-- Source data follows --
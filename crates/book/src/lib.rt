// The book of a month, and the calls that change it.
#![tactic(auto)]

pub mod book;
pub mod closing;
pub mod enrolling;
pub mod filing;
pub mod opening;
pub mod past;
mod places;
pub mod putting;
mod raised;
pub mod refusal;
mod registered;
mod spot;
pub mod stated;
pub mod writing;
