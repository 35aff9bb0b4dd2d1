// What a call names, within its limits or not.
ghost use Rattle.std.specs.Prelude.{◌≡◌};
ghost use Rattle.book.specs.Memory.{stated};

use price_history::series::Series;
use sheet::place::Place;

// A zone, a day and a settlement period.
#[derive(Clone, Copy, Debug, PartialEq, Eq)]
pub struct StatedPlace {
    pub zone: u16,
    pub day: u16,
    pub period: u16,
}

impl From<Place> for StatedPlace {
    ghost from_gives = { λ p r. r ≡ stated p };

    fn from(place: Place) -> StatedPlace {
        StatedPlace {
            zone: place.zone,
            day: place.day,
            period: place.period,
        }
    }
}

// Where a price belongs in a history.
#[derive(Clone, Copy, Debug, PartialEq, Eq)]
pub struct StatedKey {
    pub series: Series,
    pub zone: u16,
    pub day: u16,
    pub slot: u16,
}

// A price, in kopecks per MWh.
#[derive(Clone, Copy, Debug, PartialEq, Eq)]
pub struct StatedPrice {
    pub kop: i32,
}
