// The refusals of the parts, as those of the book.
ghost use Rattle.std.specs.Prelude.{◌≡◌};
ghost use Rattle.book.specs.Refusals.{keep_told, roll_told};
ghost use Rattle.book.specs.declared.refusal.BookRefusal.TheVariants.{Text, HistoryFull, OutputShort};

use crate::refusal::BookRefusal;
use price_changes::refusal::ChangeRefusal;
use price_keeping::refusal::KeepRefusal;
use register::refusal::RegisterRefusal;
use sheet_text::faults::SheetFault;
use sheet_writer::refusal::WritingRefusal;
use text_buffer::buffer::NoRoom;

impl From<SheetFault> for BookRefusal {
    ghost from_gives = { λ e r. r ≡ Text e };

    fn from(fault: SheetFault) -> BookRefusal {
        BookRefusal::Text(fault)
    }
}

impl From<ChangeRefusal> for BookRefusal {
    ghost from_gives = { λ _ r. r ≡ HistoryFull };

    fn from(refusal: ChangeRefusal) -> BookRefusal {
        match refusal {
            ChangeRefusal::Full => BookRefusal::HistoryFull,
        }
    }
}

impl From<KeepRefusal> for BookRefusal {
    ghost from_gives = { λ e r. r ≡ keep_told e };

    fn from(refusal: KeepRefusal) -> BookRefusal {
        match refusal {
            KeepRefusal::Present => BookRefusal::PriceEntered,
            KeepRefusal::Full => BookRefusal::HistoryFull,
            KeepRefusal::Absent => BookRefusal::NoSheet,
        }
    }
}

impl From<RegisterRefusal> for BookRefusal {
    ghost from_gives = { λ e r. r ≡ roll_told e };

    fn from(refusal: RegisterRefusal) -> BookRefusal {
        match refusal {
            RegisterRefusal::Limits => BookRefusal::BeyondLimits,
            RegisterRefusal::Present => BookRefusal::UnitRegistered,
            RegisterRefusal::Full => BookRefusal::RegisterFull,
        }
    }
}

impl From<WritingRefusal> for BookRefusal {
    ghost from_gives = { λ _ r. r ≡ OutputShort };

    fn from(refusal: WritingRefusal) -> BookRefusal {
        match refusal {
            WritingRefusal::OutputShort => BookRefusal::OutputShort,
        }
    }
}

impl From<NoRoom> for BookRefusal {
    ghost from_gives = { λ _ r. r ≡ OutputShort };

    fn from(_no_room: NoRoom) -> BookRefusal {
        BookRefusal::OutputShort
    }
}
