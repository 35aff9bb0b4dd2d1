// The places of the book.
ghost use Rattle.std.specs.Prelude.{◌≡◌, ◌<◌, not, [], ◌∷◌, IfOk};
ghost use Rattle.book.specs.Checks.{verdict};
ghost use Rattle.book.specs.Found.{found_in, spot_checks};
ghost use Rattle.book.specs.Memory.{standing, is_closed, number_in};

use crate::book::Book;
use crate::refusal::BookRefusal;
use crate::spot::Spot;
use crate::stated::StatedPlace;
use measures::calendar::Decade;
use sheet::place::Place;
use shelf::places::{number_of, places_of};

impl Book {
    // Whether the day is of a decade that is closed.
    pub(crate) fn is_closed(&self, day: u16) -> bool
        ensures { result ≡ is_closed (standing self.now) day }
    {
        Decade::of_day(day).is_some_and(|decade| u16::from(decade) <= self.closed)
    }

    // The place on a shelf of so many places.
    pub(crate) fn find_place(&self, long: usize, stated: StatedPlace) -> Result<Spot, BookRefusal>
        ensures answer { found_in result ≡ verdict (spot_checks (standing self.now) long stated) (stated, number_in (standing self.now) stated) }
        ensures within { IfOk result (λ s. s.number < long) }
    {
        if long < places_of(self.days, self.zones) {
            return Err(BookRefusal::ShelfShort);
        }
        let StatedPlace { zone, day, period } = stated;
        if !(1..=self.zones).contains(&zone)
            || !(1..=self.days).contains(&day)
            || !(1..=24).contains(&period)
        {
            return Err(BookRefusal::Outside);
        }
        let place = Place { zone, day, period };
        Ok(Spot {
            place,
            number: number_of(self.zones, place),
        })
    }
}
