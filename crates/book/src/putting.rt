// How a report is put into the book. The definitions tell the two ways apart, so they are cases, not
// closures.
ghost use Rattle.std.specs.Prelude.{◌≡◌, [], ◌∷◌};
ghost use Rattle.book.specs.Checks.{verdict};
ghost use Rattle.book.specs.Filing.{force_check};

use crate::refusal::BookRefusal;

#[derive(Clone, Copy, Debug, PartialEq, Eq)]
pub enum Putting {
    // where no sheet is in force
    Filing,
    // where one is
    Replacing,
}

impl Putting {
    // Refuses where a sheet is in force and none may be, or the other way round.
    pub(crate) fn check(self, in_force: bool) -> Result<(), BookRefusal>
        ensures { result ≡ verdict (force_check self in_force ∷ []) (tt {0}) }
    {
        match (self, in_force) {
            (Putting::Filing, true) => Err(BookRefusal::SheetInForce),
            (Putting::Replacing, false) => Err(BookRefusal::NoSheet),
            _ => Ok(()),
        }
    }
}
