// Why a call is refused.
ghost use Rattle.std.specs.Prelude.{◌≡◌};
ghost use Rattle.book.specs.Refusals.{told};

use sheet_text::faults::SheetFault;

#[derive(Clone, Copy, Debug, PartialEq, Eq)]
pub enum BookRefusal {
    // the text is no sheet
    Text(SheetFault),
    // the place is not in the book
    Outside,
    // a unit of the sheet is not in the register
    UnitUnknown,
    DecadeClosed,
    // a sheet is in force already
    SheetInForce,
    // a price is entered already
    PriceEntered,
    // the unit is registered already
    UnitRegistered,
    // no sheet is in force
    NoSheet,
    // more prices than the history's greatest number
    HistoryFull,
    // no place is free in the register
    RegisterFull,
    // not the next decade
    NotNextDecade,
    // a sheet of the decade is missing
    SheetMissing,
    // a number is beyond its limits
    BeyondLimits,
    ShelfShort,
    OutputShort,
    // no month has so many days, or no book so many zones
    BookSize,
    HistoryNotEmpty,
}

impl BookRefusal {
    // The number that it is told by; `u8::from` would not say which number.
    pub fn number(self) -> u8
        ensures { result ≡ (told self).number }
    {
        match self {
            BookRefusal::Text(fault) => fault.fault.kind.number(),
            BookRefusal::Outside => 6,
            BookRefusal::UnitUnknown => 7,
            BookRefusal::DecadeClosed => 8,
            BookRefusal::SheetInForce => 9,
            BookRefusal::PriceEntered => 9,
            BookRefusal::UnitRegistered => 9,
            BookRefusal::NoSheet => 10,
            BookRefusal::HistoryFull => 11,
            BookRefusal::RegisterFull => 11,
            BookRefusal::NotNextDecade => 12,
            BookRefusal::SheetMissing => 13,
            BookRefusal::BeyondLimits => 14,
            BookRefusal::ShelfShort => 15,
            BookRefusal::OutputShort => 15,
            BookRefusal::BookSize => 16,
            BookRefusal::HistoryNotEmpty => 17,
        }
    }

    // Where a text is at fault.
    pub fn fault(self) -> Option<SheetFault>
        ensures { result ≡ (told self).fault }
    {
        match self {
            BookRefusal::Text(fault) => Some(fault),
            _ => None,
        }
    }
}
-- Source data concluded --
How to complete this task =>
Look through the material for "filename". Copy each line that has it.

Output for this exercise =>
filename crates/book/src/lib.rt
filename crates/book/src/putting.rt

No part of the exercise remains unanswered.